## Dataset extract
------------------------------------------------

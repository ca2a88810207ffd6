#![tactic(auto)]

// The report of a finished run, in the caller's buffer. The same code first finds the report's length and then writes it.
mod text;

ghost use Rattle.std.specs.Prelude.{◌≡◌, [], map, ◌≤◌, ◌<◌, length};
ghost use Rattle.model.specs.Ceilings.{max_blocks, max_tasks};
ghost use Rattle.model.specs.Lists.{at};
ghost use Rattle.model.specs.Word.{current_of};
ghost use Rattle.model.specs.Report.{block_line};
ghost use Rattle.state.specs.State.{shared, own};
ghost use Rattle.state.specs.Held.{memory_of};
ghost use Rattle.report.specs.Writing.{Room, Written, Wrote};
ghost use Rattle.report.specs.Text.{lines_of_task, task_most, report_text, report_most, Reported};

use commands::ceilings::{SheetCeilings, TaskCeilings};
use exchanges::{places, read};
use state::{Memory, Task};
use text::Writer;

// The most words, blocks and tasks that a report tells of.
const WORDS: usize = SheetCeilings::WORDS as usize;

const BLOCKS: usize = SheetCeilings::BLOCKS as usize;

const TASKS: usize = SheetCeilings::TASKS as usize;

// How many values there are in a block store.
const VALUES: usize = SheetCeilings::BLOCK_VALUES;

// How many of a task's counts its T line shows.
const SHOWN: usize = 5;

// How many words, blocks and tasks the sheet declares, and the ticks done.
// Not start's Counts, which hold the sheet: report does not know start.
#[derive(Clone, Copy)]
pub struct Totals {
    pub words: usize,
    pub blocks: usize,
    pub tasks: usize,
    pub now: u32,
}

// The current value of a cell that there is.
fn contents(memory: &Memory, cell: usize) -> u32
    requires { cell < 48 }
    ensures { result ≡ current_of (memory_of (shared memory.now)) cell }
{
    // For the proof: a cell that there is, is in the array.
    memory.sized();
    read::current(memory, cell)
}

// The values of a block store; a store that there is not has none.
fn values(memory: &Memory, store: u32) -> &[u32]
    ensures values { result.now ≡ at [] (memory_of (shared memory.now)).stores store }
    ensures most { length result.now ≤ 8 }
{
    let start = places::slot(store, 0);
    memory
        .stores()
        .get(start..start + VALUES)
        .unwrap_or_default()
}

// Version and values by the bank word's current value.
fn block(out: &mut Writer, memory: &Memory, b: usize)
    requires { (b < max_blocks) × Room out.old 112 }
    ensures { Wrote 112 (block_line (memory_of (shared memory.now)) b) out.old out.new }
{
    let bank = contents(memory, WORDS + b);
    out.line(b'B', &[b as u32, bank / 256], values(memory, bank % 256));
}

// The T line and the R line of a task.
fn task(out: &mut Writer, task: &Task, p: usize)
    requires { (p < max_tasks) × Room out.old task_most }
    ensures { Wrote task_most (lines_of_task p (own task.now)) out.old out.new }
{
    let number = [p as u32];
    out.line(b'T', &number, &task.counts()[..SHOWN]);
    out.line(b'R', &number, task.registers());
}

// The whole report, as far as the buffer goes; returns its length.
fn write(buffer: &mut [u8], memory: &Memory, tasks: &[Task; 8], totals: Totals) -> usize
    ensures { Written report_most (report_text (shared memory.now) (map own tasks.now) totals) buffer.old buffer.new 0 result }
{
    let words = totals.words.min(WORDS);
    let mut out = Writer::new(buffer);
    // A loop each: one that takes the line as a closure needs clauses on what every call may need and write, longer than the three.
    for w in 0..words {
        out.line(b'W', &[w as u32, contents(memory, w)], &[]);
    }
    for b in 0..totals.blocks.min(BLOCKS) {
        block(&mut out, memory, b);
    }
    for p in 0..totals.tasks.min(TASKS) {
        task(&mut out, &tasks[p], p);
    }
    out.line(b'E', &[totals.now], &[]);
    out.place()
}

// The report's length. If the buffer is as long, the report stands at its start, and nothing else in it is changed; if not, nothing is.
pub fn report(memory: &Memory, tasks: &[Task; 8], totals: Totals, buffer: &mut [u8]) -> usize
    ensures { Reported (report_text (shared memory.now) (map own tasks.now) totals) buffer.old buffer.new result }
{
    let needed = write(&mut buffer[..0], memory, tasks, totals);
    let fits = needed <= buffer.len();
    if fits {
        write(buffer, memory, tasks, totals)
    } else {
        needed
    }
}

------------------------------------------------

## Exercise instructions
Once you have read the records, output each one exactly as written.

## Written reply
repository ca2a88810207ffd6
#![tactic(auto)]

// The report of a finished run, in the caller's buffer. The same code first finds the report's length and then writes it.
mod text;

ghost use Rattle.std.specs.Prelude.{◌≡◌, [], map, ◌≤◌, ◌<◌, length};
ghost use Rattle.model.specs.Ceilings.{max_blocks, max_tasks};
ghost use Rattle.model.specs.Lists.{at};
ghost use Rattle.model.specs.Word.{current_of};
ghost use Rattle.model.specs.Report.{block_line};
ghost use Rattle.state.specs.State.{shared, own};
ghost use Rattle.state.specs.Held.{memory_of};
ghost use Rattle.report.specs.Writing.{Room, Written, Wrote};
ghost use Rattle.report.specs.Text.{lines_of_task, task_most, report_text, report_most, Reported};

use commands::ceilings::{SheetCeilings, TaskCeilings};
use exchanges::{places, read};
use state::{Memory, Task};
use text::Writer;

// The most words, blocks and tasks that a report tells of.
const WORDS: usize = SheetCeilings::WORDS as usize;

const BLOCKS: usize = SheetCeilings::BLOCKS as usize;

const TASKS: usize = SheetCeilings::TASKS as usize;

// How many values there are in a block store.
const VALUES: usize = SheetCeilings::BLOCK_VALUES;

// How many of a task's counts its T line shows.
const SHOWN: usize = 5;

// How many words, blocks and tasks the sheet declares, and the ticks done.
// Not start's Counts, which hold the sheet: report does not know start.
#[derive(Clone, Copy)]
pub struct Totals {
    pub words: usize,
    pub blocks: usize,
    pub tasks: usize,
    pub now: u32,
}

// The current value of a cell that there is.
fn contents(memory: &Memory, cell: usize) -> u32
    requires { cell < 48 }
    ensures { result ≡ current_of (memory_of (shared memory.now)) cell }
{
    // For the proof: a cell that there is, is in the array.
    memory.sized();
    read::current(memory, cell)
}

// The values of a block store; a store that there is not has none.
fn values(memory: &Memory, store: u32) -> &[u32]
    ensures values { result.now ≡ at [] (memory_of (shared memory.now)).stores store }
    ensures most { length result.now ≤ 8 }
{
    let start = places::slot(store, 0);
    memory
        .stores()
        .get(start..start + VALUES)
        .unwrap_or_default()
}

// Version and values by the bank word's current value.
fn block(out: &mut Writer, memory: &Memory, b: usize)
    requires { (b < max_blocks) × Room out.old 112 }
    ensures { Wrote 112 (block_line (memory_of (shared memory.now)) b) out.old out.new }
{
    let bank = contents(memory, WORDS + b);
    out.line(b'B', &[b as u32, bank / 256], values(memory, bank % 256));
}

// The T line and the R line of a task.
fn task(out: &mut Writer, task: &Task, p: usize)
    requires { (p < max_tasks) × Room out.old task_most }
    ensures { Wrote task_most (lines_of_task p (own task.now)) out.old out.new }
{
    let number = [p as u32];
    out.line(b'T', &number, &task.counts()[..SHOWN]);
    out.line(b'R', &number, task.registers());
}

// The whole report, as far as the buffer goes; returns its length.
fn write(buffer: &mut [u8], memory: &Memory, tasks: &[Task; 8], totals: Totals) -> usize
    ensures { Written report_most (report_text (shared memory.now) (map own tasks.now) totals) buffer.old buffer.new 0 result }
{
    let words = totals.words.min(WORDS);
    let mut out = Writer::new(buffer);
    // A loop each: one that takes the line as a closure needs clauses on what every call may need and write, longer than the three.
    for w in 0..words {
        out.line(b'W', &[w as u32, contents(memory, w)], &[]);
    }
    for b in 0..totals.blocks.min(BLOCKS) {
        block(&mut out, memory, b);
    }
    for p in 0..totals.tasks.min(TASKS) {
        task(&mut out, &tasks[p], p);
    }
    out.line(b'E', &[totals.now], &[]);
    out.place()
}

// The report's length. If the buffer is as long, the report stands at its start, and nothing else in it is changed; if not, nothing is.
pub fn report(memory: &Memory, tasks: &[Task; 8], totals: Totals, buffer: &mut [u8]) -> usize
    ensures { Reported (report_text (shared memory.now) (map own tasks.now) totals) buffer.old buffer.new result }
{
    let needed = write(&mut buffer[..0], memory, tasks, totals);
    let fits = needed <= buffer.len();
    if fits {
        write(buffer, memory, tasks, totals)
    } else {
        needed
    }
}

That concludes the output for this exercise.